Empresas digitais terão mais sucesso
A pandemia poderá trazer mudanças permanentes no mercado empresarial cearense e deverá favorecer empresas já imersas em plataformas digitais. Já os modelos mais tradicionais, como o comércio varejista deverá ser um dos setores mais impactados negativamente no Estado. A perspectiva foi apresentada por Flávio Ataliba, secretário executivo de Planejamento, Orçamento e Gestão do Governo do Ceará durante o Seminário de Gestores Públicos: Prefeitos Ceará 2020.
Segundo Ataliba, a economia sofrerá um impacto direto causado pelo encurtamento das cadeias produtivas locais e a adaptação do comportamento do consumidor no mundo pós-pandemia do novo coronavírus.

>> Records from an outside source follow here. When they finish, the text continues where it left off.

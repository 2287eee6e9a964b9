//! Numbers at their places in bytes, pages, and the home that counts each look at one.

use std::alloc::Global;
use trio_page::field::{
    all_zero, put_bytes_in, put_u16_in, put_u32_in, put_u64_in, put_zeros_in, u16_in, u32_in,
    u64_in,
};
use trio_page::{Home, Page, PageNo, Reads};

/// Numbers of two, four and eight bytes behind the first byte.
const SPELLED: [u8; 16] = [
    0xee, 0x02, 0x01, 0x06, 0x05, 0x04, 0x03, 0x0e, 0x0d, 0x0c, 0x0b, 0x0a, 0x09, 0x08, 0x07, 0xee,
];

/// The same where ten bytes from 3 on were cleared, and two written behind them.
const CLEARED: [u8; 16] = [
    0xee, 0x02, 0x01, 0, 0, 0, 0, 0, 0, 0, 0, 0, 0, b'a', b'b', 0xee,
];

#[test]
fn numbers_have_their_low_byte_first(rt: HostRuntime) {
    assert!(rt; u16_in(&SPELLED, 1) == 0x0102);
    assert!(rt; u32_in(&SPELLED, 3) == 0x0304_0506);
    assert!(rt; u64_in(&SPELLED, 7) == 0x0708_090a_0b0c_0d0e);
    let mut bytes = [0xee; 16];
    put_u16_in(&mut bytes, 1, 0x0102);
    put_u32_in(&mut bytes, 3, 0x0304_0506);
    put_u64_in(&mut bytes, 7, 0x0708_090a_0b0c_0d0e);
    assert!(rt; bytes == SPELLED);
    put_bytes_in(&mut bytes, 13, b"ab");
    put_zeros_in(&mut bytes, 3, 10);
    assert!(rt; bytes == CLEARED);
    assert!(rt; all_zero(&bytes[3..13]) && !all_zero(&bytes[3..14]));
}

/// Whether the page ends with these bytes, the first of which isn't the number's.
fn ends_with_number(page: &Page) -> bool {
    page.bytes()[4091..] == [0, 4, 3, 2, 1]
}

fn has_a_copy(alloc: Global) -> Option<bool> {
    let mut page = Page::zero(alloc).ok()?;
    let is_new = all_zero(page.bytes());
    page.put_u32(4092, 0x0102_0304);
    let mut copy = page.copy(alloc).ok()?;
    page.clear();
    let is_kept = all_zero(page.bytes()) && ends_with_number(&copy);
    page.copy_from(&copy);
    copy.put_u16(4092, 0);
    Some(is_new && is_kept && ends_with_number(&page))
}

#[test]
fn a_copy_has_its_own_bytes(rt: HostRuntime) {
    assert!(rt; has_a_copy(rt.alloc()) == Some(true));
}

/// Page 0 has the number 77 at 8, and page 1 is absent.
fn home_of_two(alloc: Global) -> Option<Home> {
    let mut page = Page::zero(alloc).ok()?;
    page.put_u64(8, 77);
    let mut pages = Vec::new(alloc);
    pages.push(Some(page)).ok()?;
    pages.push(None).ok()?;
    Some(Home::of(pages))
}

fn number_on(home: &mut Home, page: u32, reads: &mut Reads) -> Option<u64> {
    Some(home.page(PageNo(page), reads)?.u64_at(8))
}

/// Whether page 0, which is looked at and taken, is had as page 1 then.
fn is_moved(home: &mut Home, reads: &mut Reads) -> Option<bool> {
    let before = number_on(home, 0, reads);
    let page = home.take(PageNo(0), reads)?;
    if home.len() != 2 {
        return None;
    }
    home.put(PageNo(1), page);
    Some((before, number_on(home, 1, reads)) == (Some(77), Some(77)))
}

fn is_absent(home: &mut Home, page: u32, reads: &mut Reads) -> bool {
    home.page(PageNo(page), reads).is_none() && home.take(PageNo(page), reads).is_none()
}

/// How often the home, its first caller and another one looked.
fn looks(alloc: Global) -> Option<(u64, u64, u64)> {
    let mut home = home_of_two(alloc)?;
    let (mut reads, mut others) = (Reads::new(), Reads::new());
    if home.looked() != 0 || is_moved(&mut home, &mut reads) != Some(true) {
        return None;
    }
    for page in [0, 2, 8192, u32::MAX] {
        if !is_absent(&mut home, page, &mut others) {
            return None;
        }
    }
    Some((home.looked(), reads.count(), others.count()))
}

#[test]
fn each_look_at_home_is_counted(rt: HostRuntime) {
    assert!(rt; looks(rt.alloc()) == Some((11, 3, 8)));
}
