use std::alloc::Global;
use std::test::Fail;
use trio_page::{Page, PageNo};
use trio_rights::{Creds, Kind, Mode, Need};
use trio_tables::{CONTROLLER, Owners, Row, RowRead, Shadow};

/// A directory of mode 755, uid 1001 and gid 5 that the directory 7 lists in slot 3 of page 258.
const ROW: Row = Row {
    kind: Kind::Directory,
    mode: Mode(0o755),
    uid: 1001,
    gid: 5,
    parent: 7,
    page: 258,
    slot: 3,
};

/// Its bytes, spelled by hand.
const BYTES: [u8; 32] = [
    1, 2, 0xed, 0x01, 0xe9, 0x03, 0, 0, 5, 0, 0, 0, 7, 0, 0, 0, 0x02, 0x01, 0, 0, 3, 0, 0, 0, 0, 0,
    0, 0, 0, 0, 0, 0,
];

/// State 2, kind 4, slot 16, the last byte 1, and a free row with a uid: an offset and the byte there.
const BAD: &[(usize, u8)] = &[(0, 2), (1, 4), (20, 16), (31, 1), (0, 0)];

fn read_with(at: usize, byte: u8) -> RowRead {
    let mut bytes = BYTES;
    if let Some(place) = bytes.get_mut(at) {
        *place = byte;
    }
    Row::read(&bytes)
}

#[test]
fn rows_by_hand(rt: HostRuntime) {
    let mut bytes = [9; 32];
    Row::write(Some(ROW), &mut bytes);
    assert!(rt; bytes == BYTES && Row::read(&BYTES) == RowRead::Live(ROW));
    Row::write(None, &mut bytes);
    assert!(rt; bytes == [0; 32] && Row::read(&bytes) == RowRead::Free);
    for (at, byte) in BAD {
        assert!(rt; read_with(*at, *byte) == RowRead::Bad, "byte {at}");
    }
}

fn counts_rows(alloc: Global) -> Option<bool> {
    let mut rows = Shadow::new(alloc, 200).ok()?;
    let is_new = (rows.inodes(), rows.live(), rows.table_pages()) == (200, 0, 2);
    rows.set(7, Some(ROW));
    rows.set(8, Some(ROW));
    rows.set(200, Some(Row { parent: 8, ..ROW }));
    let children = (rows.children(7), rows.children(8), rows.children(1));
    let is_set = rows.live() == 3 && children == (2, 1, 0);
    rows.set(8, None);
    let is_cleared = (rows.live(), rows.children(7)) == (2, 1);
    let is_there = rows.row(7) == Some(ROW) && rows.row(8).is_none() && rows.row(201).is_none();
    Some(is_new && is_set && is_cleared && is_there)
}

fn counts_owners(alloc: Global) -> Option<bool> {
    let mut owners = Owners::new(alloc, 1100, 5).ok()?;
    let is_new = (owners.pages(), owners.free(), owners.table_pages()) == (1100, 1095, 2);
    owners.set(PageNo(1099), 7);
    let found = (
        owners.owner(PageNo(4)),
        owners.owner(PageNo(5)),
        owners.owner(PageNo(1099)),
    );
    Some(is_new && found == (CONTROLLER, 0, 7) && owners.free() == 1094)
}

#[test]
fn tables(rt: HostRuntime) {
    assert!(rt; counts_rows(rt.alloc()) == Some(true));
    assert!(rt; counts_owners(rt.alloc()) == Some(true));
}

fn stores_rows(alloc: Global) -> Option<bool> {
    let mut rows = Shadow::new(alloc, 200).ok()?;
    rows.set(130, Some(ROW));
    let mut page = Page::zero(alloc).ok()?;
    page.put_u32(100, 1);
    rows.write_page(1, &mut page);
    let is_written = page.bytes()[32..64] == BYTES[..] && page.u32_at(100) == 0;
    let is_same = rows.differs_at(1, &page).is_none() && rows.differs_at(0, &page) == Some(2);
    page.put_u32(4092, 1);
    let is_behind = rows.differs_at(1, &page) == Some(0);
    page.put_u32(36, 0);
    Some(is_written && is_same && is_behind && rows.differs_at(1, &page) == Some(130))
}

fn stores_owners(alloc: Global) -> Option<bool> {
    let mut owners = Owners::new(alloc, 1100, 5).ok()?;
    owners.set(PageNo(1026), 0x0102_0304);
    let mut page = Page::zero(alloc).ok()?;
    page.put_u32(4092, 1);
    owners.write_page(1, &mut page);
    let is_written = (page.bytes()[8], page.bytes()[11]) == (4, 1) && page.u32_at(4092) == 0;
    let is_same = owners.differs_at(1, &page).is_none();
    page.put_u32(4092, 1);
    let is_behind = owners.differs_at(1, &page) == Some(0);
    page.put_u32(8, 1);
    let is_found = owners.differs_at(1, &page) == Some(1026);
    owners.write_page(0, &mut page);
    let is_first = page.u32_at(16) == CONTROLLER && page.u32_at(20) == 0;
    Some(is_written && is_same && is_behind && is_found && is_first)
}

#[test]
fn pages_by_hand(rt: HostRuntime) {
    assert!(rt; stores_rows(rt.alloc()) == Some(true));
    assert!(rt; stores_owners(rt.alloc()) == Some(true));
}

/// `/` of this mode is 1, `/a` 2 and `/a/f` 3, which belong to uid 1001 and gid 5.
fn tree(alloc: Global, mode: Mode) -> Option<Shadow> {
    let mut rows = Shadow::new(alloc, 8).ok()?;
    let root = Row {
        mode,
        parent: 0,
        uid: 0,
        gid: 0,
        ..ROW
    };
    rows.set(1, Some(root));
    let directory = Row {
        parent: 1,
        mode: Mode(0o750),
        ..ROW
    };
    rows.set(2, Some(directory));
    let file = Row {
        parent: 2,
        kind: Kind::Regular,
        mode: Mode(0o640),
        ..ROW
    };
    rows.set(3, Some(file));
    Some(rows)
}

const OWNER: Creds = Creds { uid: 1001, gid: 5 };

const GROUP: Creds = Creds { uid: 7, gid: 5 };

const OTHER: Creds = Creds { uid: 7, gid: 7 };

const ALL: Creds = Creds { uid: 0, gid: 7 };

const DENIED: &[(Creds, u32, Need, Result<(), u32>)] = &[
    (OWNER, 3, Need::Write, Ok(())),
    (GROUP, 3, Need::Read, Ok(())),
    (GROUP, 3, Need::Write, Err(3)),
    (OTHER, 3, Need::Read, Err(2)),
    (OTHER, 1, Need::Read, Ok(())),
    (OTHER, 1, Need::Write, Err(1)),
    (ALL, 3, Need::Write, Ok(())),
    // not live
    (ALL, 4, Need::Read, Err(4)),
];

#[test]
fn the_first_that_denies(rt: HostRuntime) -> Result<(), Fail> {
    let rows = tree(rt.alloc(), Mode(0o755)).ok_or("memory")?;
    for (i, (creds, ino, need, wanted)) in DENIED.iter().enumerate() {
        assert!(rt; rows.may(*creds, *ino, *need) == *wanted, "row {i}");
    }
    // the root denies all but reading
    let rows = tree(rt.alloc(), Mode(0o700)).ok_or("memory")?;
    assert!(rt; rows.may(OWNER, 3, Need::Read) == Err(1));
    Ok(())
}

O cenário fez o Estado identificar três grupos de empresas que poderão ter mais sucesso após a crise ou não.
No primeiro grupo estão as empresas que já estão inseridas no mundo digital, tanto os negócios de tecnologia, comunicação ou até mesmo aquelas focadas no comércio digital, uma vez que, segundo ele, o fluxo de mercadorias também será atualizado.
Contudo, ele afirmou que o comércio varejista será o setor mais prejudicado pela crise, por depender de grandes níveis de aglomeração. O fato gera preocupações do Estado, já que o Produto Interno Bruto (PIB) do Ceará é composto majoritariamente pelos setores de serviços e comércio. Em um grupo intermediário, Ataliba cita as instituições financeiras.
Já o secretário Maia Júnior, de Desenvolvimento Econômico e Trabalho do Estado, afirmou que a Sedet já enviou ao governador Camilo Santana dois projetos focados em apoiar micros e pequenas empresas no Ceará. Os projetos deverão estar focados em clusters de inovação. “É uma parceria com o Sebrae, a Aprece e a Fecomércio, que vai envolver mais de 2 mil empresas para testar essa nova realidade”, disse.